• _EXERCISE OBJECTIVE_:
For the word "requires", state how many lines of the data include it. Respond with the number only.

[MATERIAL FOR THIS EXERCISE Boundary: Start]

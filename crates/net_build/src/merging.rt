//! Tables with two inputs of the same name, and the costs of tables.

ghost use Rattle.std.specs.Prelude.{◌≡◌, ◌<◌, ◌^◌, ◌++◌, false, true, All, IfOk, OnOk, sum_by, take};
ghost use Rattle.net_theory.specs.Cost.{byte_if, unary_cover as unary_cover_of, merged_table};
ghost use Rattle.net_theory.specs.Cost.{table_cost as table_cost_of};
ghost use Rattle.net_theory.specs.WellFormed.{IsTable};
ghost use Rattle.net_build.specs.Parts.{merged_by};

use net_core::{Cover, Cube, Name, body_cost, body_value, cover_cost};
use net_document::Table;
use std::alloc::{AllocError, Global};

/// Adds the cube with the single byte `byte`, if `is_wanted`.
fn push_if(
    alloc: Global,
    cubes: &mut Vec<Cube>,
    is_wanted: bool,
    byte: u8,
) -> Result<(), AllocError>
    ensures { OnOk result (cubes.new.items ≡ cubes.old.items ++ byte_if is_wanted byte) }
{
    if is_wanted {
        cubes.push(Cube::new(Vec::from_slice(alloc, &[byte])?))?;
    }
    Ok(())
}

/// The cover of one input with the values `at_zero` and `at_one`.
fn unary_cover(alloc: Global, at_zero: bool, at_one: bool) -> Result<Cover, AllocError>
    ensures { IfOk result (λ cover. cover ≡ unary_cover_of at_zero at_one) }
{
    let mut cubes = Vec::new(alloc);
    push_if(alloc, &mut cubes, at_zero, b'0')?;
    push_if(alloc, &mut cubes, at_one, b'1')?;
    Ok(Cover {
        width: 1,
        cubes,
        on: true,
    })
}

/// The cover of one input that replaces the cover of a table with two inputs of the same name.
#[tactic(auto, using(crate::proofs::Merged::merges, crate::proofs::Merged::body_good), // for the prover
unfolding(net_theory::specs::Cost::merged_table))]
pub fn merged_cover(alloc: Global, table: &Table) -> Result<Option<Cover>, AllocError>
    requires { IsTable table.now }
    ensures { IfOk result (λ cover. merged_by table.now cover ≡ merged_table table.now) }
{
    let [first, second] = table.inputs.as_slice() else {
        return Ok(None);
    };
    if first != second {
        return Ok(None);
    }
    let at_zero = body_value(&table.body, &[false, false]);
    let at_one = body_value(&table.body, &[true, true]);
    Ok(Some(unary_cover(alloc, at_zero, at_one)?))
}

/// The list of only the first name; empty if there is none.
pub fn first_alone(names: &[Name]) -> &[Name]
    ensures { result.now ≡ take 1 names.now }
{
    match names.split_first() {
        Some(_) => &names[..1],
        None => names,
    }
}

/// The number of gates into which a table is decomposed.
#[tactic(auto, // for the prover
using(crate::proofs::Merged::costs, crate::proofs::Merged::body_good), unfolding(net_theory::specs::Cost::table_cost))]
fn table_cost(alloc: Global, table: &Table) -> Result<u32, AllocError>
    requires { IsTable table.now }
    ensures { IfOk result (λ cost. cost ≡ table_cost_of table.now) }
{
    match merged_cover(alloc, table)? {
        Some(cover) => Ok(cover_cost(&cover, first_alone(&table.inputs))),
        None => Ok(body_cost(&table.body, &table.inputs)),
    }
}

/// The number of gates into which all tables are decomposed.
pub fn total_cost(alloc: Global, tables: &[Table]) -> Result<u32, AllocError>
    requires tables { All IsTable tables.now }
    requires small { sum_by table_cost_of tables.now < 2 ^ 32 }
    ensures { IfOk result (λ cost. cost ≡ sum_by table_cost_of tables.now) }
{
    let mut total: u32 = 0;
    let mut left = tables;
    while let Some((table, rest)) = left.split_first() {
        total += table_cost(alloc, table)?;
        left = rest;
    }
    Ok(total)
}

[MATERIAL FOR THIS EXERCISE Boundary: End]

• _EXERCISE RESULT_:
4